Analyze three quotes from chapter 5 in All Quiet on the Western Front.

The opening of chapter five in All Quiet on the Western Front reveals the daily difficulties that soldiers on the front had to encounter.  It represents yet one more aspect of life for which Paul and his fellow soldiers were not prepared:



Killing each separate louse is a tedious business when a man has hundreds. The little beasts are hard and the everlasting cracking with one's fingernails very soon becomes wearisome. So Tjaden has rigged up the lid of a boot-polish tin with a piece of wire over the lighted stump of a candle. The lice are simply thrown into this little pan. Crack! and they're done for.
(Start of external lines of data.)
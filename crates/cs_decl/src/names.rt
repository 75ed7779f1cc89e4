//! Looks up groups by their names.
ghost use Rattle.std.specs.Prelude.{◌≡◌, ℕ, List, IfOk, position, bytes_eq};
ghost use Rattle.std.specs.List.{list_any};
ghost use Rattle.cs_decl.specs.Faults.{is_unlisted};
ghost use Rattle.cs_decl.specs.NameSet.{is_unnamed};

use crate::entries::{AnacronEntry, CronEntry, Entries, GroupEntry};
use cs_civil::Bytes;
use indexmap::IndexSet;
use std::alloc::{AllocError, Global};

fn names_of<'a>(alloc: Global, groups: &'a [GroupEntry]) -> Result<IndexSet<&'a [u8]>, AllocError>
    ensures { IfOk result
        (λ names. (name : List ℕ)
        → list_any (λ k. bytes_eq name k.now) names.keys
        ≡ list_any (λ g. bytes_eq name g.name) groups.now) }
{
    let mut names = IndexSet::new(alloc);
    for group in groups {
        names.insert(group.name.as_slice())?;
    }
    Ok(names)
}

fn is_unnamed(names: &IndexSet<&[u8]>, group: &Option<Bytes>) -> bool
    ensures { result ≡ is_unnamed names.now.keys group.now }
{
    match group {
        Some(name) => !names.contains(name.as_slice()),
        None => false,
    }
}

fn unnamed_cron(names: &IndexSet<&[u8]>, cron: &[CronEntry]) -> Option<usize>
    ensures { result ≡ position (λ e. is_unnamed names.now.keys e.group) cron.now }
{
    cron.iter()
        .position(|entry| is_unnamed(names, &entry.group))
}

fn unnamed_anacron(names: &IndexSet<&[u8]>, anacron: &[AnacronEntry]) -> Option<usize>
    ensures { result ≡ position (λ e. is_unnamed names.now.keys e.group) anacron.now }
{
    anacron
        .iter()
        .position(|entry| is_unnamed(names, &entry.group))
}

pub(crate) fn unlisted_cron(alloc: Global, entries: &Entries) -> Result<Option<usize>, AllocError>
    ensures { IfOk result
        (λ o. o ≡ position (λ e. is_unlisted entries.now.groups e.group) entries.now.cron) }
{
    let names = names_of(alloc, entries.groups.as_slice())?;
    Ok(unnamed_cron(&names, entries.cron.as_slice()))
}

pub(crate) fn unlisted_anacron(
    alloc: Global,
    entries: &Entries,
) -> Result<Option<usize>, AllocError>
    ensures { IfOk result
        (λ o. o ≡ position (λ e. is_unlisted entries.now.groups e.group) entries.now.anacron) }
{
    let names = names_of(alloc, entries.groups.as_slice())?;
    Ok(unnamed_anacron(&names, entries.anacron.as_slice()))
}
Earlier in the narrative, Paul talked about how the young soldiers were told that they had to serve out of patriotic duty.  However, such words rang hollow when the recruits were put on the front line.  This is communicated in realities such as battling lice.  The young men must fight everyone and everything as part of their time on the front. Opposing soldiers, animals, and even lice posed a challenge.  The way Tjaden comes up with a way to kill lice is reflective of the struggle that young soldiers faced in war, something that never leaves Paul's thinking.


One reality that was never communicated to the soldiers was how much they would miss home.  Young people signed up for the war under the belief that it would be quick.  They were filled with visions of returning home as conquering heroes.  As chapter five unfolds, it is clear that missing home is taking a toll on the young soldiers:



Haie looks at him sadly and is silent. His thoughts still linger over the clear evenings in autumn, the Sundays in the heather, the village bells, the afternoons and evenings with the servant girls, the fried bacon and barley, the care-free hours in the ale-house-- He can't part with all these dreams so abruptly; he merely growls: "What silly questions you do ask."



Haie's memories of the life he once lived brings out an added dimension to war's pain.  The quote captures an ache that soldiers felt.  As Paul details, the war will forever change the soldiers who fought in it.  They will either die on the battlefield or return unable to adjust to their world.  As Haie's "thoughts still linger" on his past, it becomes clear that he will never be "care-free."  This is why he growls and cuts off his recollections.  He knows that he will never be able to find the happiness that was once there.  He will never be able to soothe the ache of yearning for how things used to be.


Paul and the other soldiers realize that their experiences on the front do not compare to what they were told in school.  They received a theoretical instruction that failed to account for the war's brutal reality:



We remember mighty little of all that rubbish. Anyway, it has never been the slightest use to us. At school nobody ever taught us how to light a cigarette in a storm of rain, nor how a fire could be made with wet wood--nor that it is best to stick a bayonet in the belly because there it doesn't get jammed, as it does in the ribs.



Paul speaks honestly about how "mighty little of all that rubbish" resonates with the soldiers who are at the front. The war has taught the men that what was told to them in institutions such as school has little connection to war's reality.  It never prepared them for what they were to face.  This only adds to their disillusionment.  It shows how the war inflicted emotional and physical wounds.